Top of The records

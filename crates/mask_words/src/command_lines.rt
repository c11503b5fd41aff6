//! The words of a command line.

ghost use Rattle.std.specs.Prelude.{◌≡◌, ℕ, ◌+◌, ◌<◌, ◌≤◌, List, [], ◌∷◌, ◌++◌, length, map, OnOk, OnErr, slice_index_or};
ghost use Rattle.std.specs.String.{string_bytes};

use std::alloc::{AllocError, Global};
use std::marker::Model;

/// The words of a command line, in order: at most 1,000,000. A word is a text.
#[derive(Drop)]
pub struct Words {
    words: Vec<String>,
}

impl Model for Words {
    ghost Value = { List (List ℕ) };

    ghost view = { λ w. map (λ s. string_bytes s) w.words.items };

    ghost invariant = { λ w. length w.words.items ≤ 1000000 };
}

impl Words {
    /// No words; it takes no memory.
    pub fn new(alloc: Global) -> Words
        ensures { result ≡ [] }
    {
        Words {
            words: Vec::new(alloc),
        }
    }

    /// Appends a word. After a refusal the words are as before.
    pub fn push(&mut self, word: &str) -> Result<(), AllocError>
        requires { length self.old < 1000000 }
        ensures ok { OnOk result (self.new ≡ self.old ++ word.now ∷ []) }
        ensures err { OnErr result (self.new ≡ self.old) }
    {
        let alloc = *self.words.allocator();
        let text = String::from_str(alloc, word)?;
        self.words.push(text)?;
        Ok(())
    }

    /// How many words there are.
    pub fn len(&self) -> usize
        ensures count { result ≡ length self.now }
        ensures limit { length self.now ≤ 1000000 }
    {
        self.words.len()
    }

    /// The word at place `k`, counted from 0.
    pub fn word(&self, k: usize) -> &str
        requires { k < length self.now }
        ensures { result.now ≡ slice_index_or self.now k [] }
    {
        self.words[k].as_str()
    }
}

Bottom of The records

What to do: Every entry, from first to last, should be written out exactly.

Exercise output:
filename crates/mask_words/src/command_lines.rt
repository c11503b5fd41aff6
//! The words of a command line.

ghost use Rattle.std.specs.Prelude.{◌≡◌, ℕ, ◌+◌, ◌<◌, ◌≤◌, List, [], ◌∷◌, ◌++◌, length, map, OnOk, OnErr, slice_index_or};
ghost use Rattle.std.specs.String.{string_bytes};

use std::alloc::{AllocError, Global};
use std::marker::Model;

/// The words of a command line, in order: at most 1,000,000. A word is a text.
#[derive(Drop)]
pub struct Words {
    words: Vec<String>,
}

impl Model for Words {
    ghost Value = { List (List ℕ) };

    ghost view = { λ w. map (λ s. string_bytes s) w.words.items };

    ghost invariant = { λ w. length w.words.items ≤ 1000000 };
}

impl Words {
    /// No words; it takes no memory.
    pub fn new(alloc: Global) -> Words
        ensures { result ≡ [] }
    {
        Words {
            words: Vec::new(alloc),
        }
    }

    /// Appends a word. After a refusal the words are as before.
    pub fn push(&mut self, word: &str) -> Result<(), AllocError>
        requires { length self.old < 1000000 }
        ensures ok { OnOk result (self.new ≡ self.old ++ word.now ∷ []) }
        ensures err { OnErr result (self.new ≡ self.old) }
    {
        let alloc = *self.words.allocator();
        let text = String::from_str(alloc, word)?;
        self.words.push(text)?;
        Ok(())
    }

    /// How many words there are.
    pub fn len(&self) -> usize
        ensures count { result ≡ length self.now }
        ensures limit { length self.now ≤ 1000000 }
    {
        self.words.len()
    }

    /// The word at place `k`, counted from 0.
    pub fn word(&self, k: usize) -> &str
        requires { k < length self.now }
        ensures { result.now ≡ slice_index_or self.now k [] }
    {
        self.words[k].as_str()
    }
}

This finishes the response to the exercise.